Characterization of R-pyocin activity against Gram-positive pathogens for the first time with special focus on Staphylococcus aureus

Aim: This study is aimed at characterization of both antimicrobial and anti-biofilm activity of R-pyocin from clinical Pseudomonas aeruginosa against Gram-positive pathogens including Staphylococcus aureus.

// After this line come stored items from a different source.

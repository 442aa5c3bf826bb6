//! Laws of steps and outputs.

ghost use Rattle.std.specs.Prelude.{◌≡◌, ℕ, true, false, List, [], ◌∷◌, length, map, slice_get, All, None, Some};
ghost use Rattle.lg_value.specs.declared.bit.Bit.TheVariants.{Zero as Low, One as High};
ghost use Rattle.lg_value.specs.Word.{IsDefined};
ghost use Rattle.lg_memory.specs.declared.form.Trigger.TheVariants.{Rising, Falling};
ghost use Rattle.lg_memory.specs.declared.form.StateForm.{StateForm as Form};
ghost use Rattle.lg_memory.specs.declared.state.State.{State as Held};
ghost use Rattle.lg_memory.specs.Form.{IsForm};
ghost use Rattle.lg_memory.specs.Inputs.{Word, bit_at, word_at};
ghost use Rattle.lg_memory.specs.Controls.{clock_of, clear_of, preset_of, is_one};
ghost use Rattle.lg_memory.specs.Reads.{reads};
ghost use Rattle.lg_memory.specs.Shape.{FitsInputs, AreHeld, HasShape, words_of, output_widths};
ghost use Rattle.lg_memory.specs.Step.{stepped, outputs};

/// A law: a step that ends in the inputs at which it begins changes nothing, once a step has come to them.
pub fn a_repeated_step_changes_nothing()
    ensures { (form : Form) (words : List Word) (old new : List Word) → IsForm form
        → stepped form (stepped form words old new) new new ≡ stepped form words old new }
{}

/// A law: where neither clear nor preset is 1, a part keeps its words in a step without its edge, and a part without a
/// clock keeps them in each.
pub fn a_step_without_its_edge_changes_nothing()
    ensures rising { (form : Form) (words : List Word) (old new : List Word) (clock : ℕ)
        → clock_of form ≡ Some (Rising, clock) → ¬ ((bit_at old clock ≡ Low) × (bit_at new clock ≡ High))
        → is_one (clear_of form) new ≡ false → is_one (preset_of form) new ≡ false
        → stepped form words old new ≡ words }
    ensures falling { (form : Form) (words : List Word) (old new : List Word) (clock : ℕ)
        → clock_of form ≡ Some (Falling, clock) → ¬ ((bit_at old clock ≡ High) × (bit_at new clock ≡ Low))
        → is_one (clear_of form) new ≡ false → is_one (preset_of form) new ≡ false
        → stepped form words old new ≡ words }
    ensures unclocked { (form : Form) (words : List Word) (old new : List Word)
        → clock_of form ≡ None → stepped form words old new ≡ words }
{}

/// A law: defined inputs and defined words give defined words after the step, and defined outputs.
pub fn defined_inputs_give_defined_words()
    ensures steps { (form : Form) (words : List Word) (old new : List Word)
        → AreHeld form words → FitsInputs form new → All IsDefined words → All IsDefined new
        → All IsDefined (stepped form words old new) }
    ensures outs { (form : Form) (words : List Word) (inputs : List Word)
        → All IsDefined words → All IsDefined inputs → All IsDefined (outputs form words inputs) }
{}

/// A law: once clear is 1 every word is 0, and once preset is 1 and clear is not, the word is 1.
pub fn clear_and_preset_act_at_every_step()
    ensures clear { (form : Form) (words : List Word) (old new : List Word)
        → is_one (clear_of form) new ≡ true
        → All (λ word. All (λ bit. bit ≡ Low) word) (stepped form words old new) }
    ensures preset { (form : Form) (words : List Word) (old new : List Word)
        → is_one (clear_of form) new ≡ false → is_one (preset_of form) new ≡ true
        → stepped form words old new ≡ (High ∷ []) ∷ [] }
{}

/// A law: a step keeps the number of words and their widths, and outputs have the widths of their ports.
pub fn widths_stay()
    ensures words { (form : Form) (words : List Word) (old new : List Word)
        → AreHeld form words → FitsInputs form new → AreHeld form (stepped form words old new) }
    ensures outs { (form : Form) (words : List Word) (inputs : List Word)
        → IsForm form → AreHeld form words → FitsInputs form inputs
        → map length (outputs form words inputs) ≡ output_widths form }
{}

/// A law: an output is the same for two lists of inputs with the same words where it reads them.
pub fn outputs_read_few_inputs()
    ensures { (form : Form) (words : List Word) (output : ℕ) (one other : List Word)
        → ((input : ℕ) → reads form output input ≡ true → word_at one input ≡ word_at other input)
        → slice_get (outputs form words one) output ≡ slice_get (outputs form words other) output }
{}

/// A law: a state of a form's shape is told by its words.
pub fn words_tell_the_state()
    ensures { (form : Form) (a b : Held) → HasShape form a → HasShape form b → words_of a ≡ words_of b → a ≡ b }
{}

Methods and results: Pyocinogenic P. aeruginosa was detected using reverse-side method, and pyocinogeny typing was confirmed using revised-spotting method. Transmission electron microscopy (TEM) was used for morphological characterization of R-pyocin and for detection of changes in membrane of R-pyocin-treated S. aureus. SDS-PAGE analysis was used for detection of the molecular weight of R-pyocin protein-subunits and Poisson-killing-distribution assay for burst-size calculation. Lipotechoic-acid (LTA) adsorption-assay was used to confirm whether LTA in Gram-positive bacteria served as R-pyocin receptor. Moreover, R-pyocin production at 10-60°C was assessed herein. Host-range of activity of R-pyocin was tested against antimicrobial resistant (AMR) pathogens. The anti-biofilm activity of R-pyocin was detected against sensitive bacterial strains. Chemical, enzymatic, pH and thermo-stability of R-pyocin were evaluated. TEM micrographs revealed a typical morphology of myotailocins indicating the production of R-pyocin designated as RPU15. TEM revealed pores formation in S. aureus membrane, and bacteriophage-like plaques were obvious on plates of R-pyocin-treated S. aureus. R-pyocin activity was neutralized by LTA of S. aureus and Listeria monocytogenes. Pseudomonas aeruginosa PU15 produced ˜428 non-inducible R-pyocin particles. RPU15 sheath and tube protein-subunits exhibited a molecular weight of 38 and 23 kDa, respectively. RPU15 possessed activity against S. aureus, L. monocytogenes, Bacillus cereus and Candida albicans and reduced biofilm-biomasses of tested AMR strains.

Conclusion: Our results show the potential therapeutic use of R-pyocin due to its effectiveness on tested bacterial biofilms.

Significance and impact of the study: This is the first study that investigates antimicrobial and anti-biofilm activity of R-pyocin activity against S. aureus. R-pyocin shows new phenomenon of bacteriophage-like plaques. Our findings represent a future therapeutic agent targeting both methicillin-resistant and vancomycin-resistant S. aureus.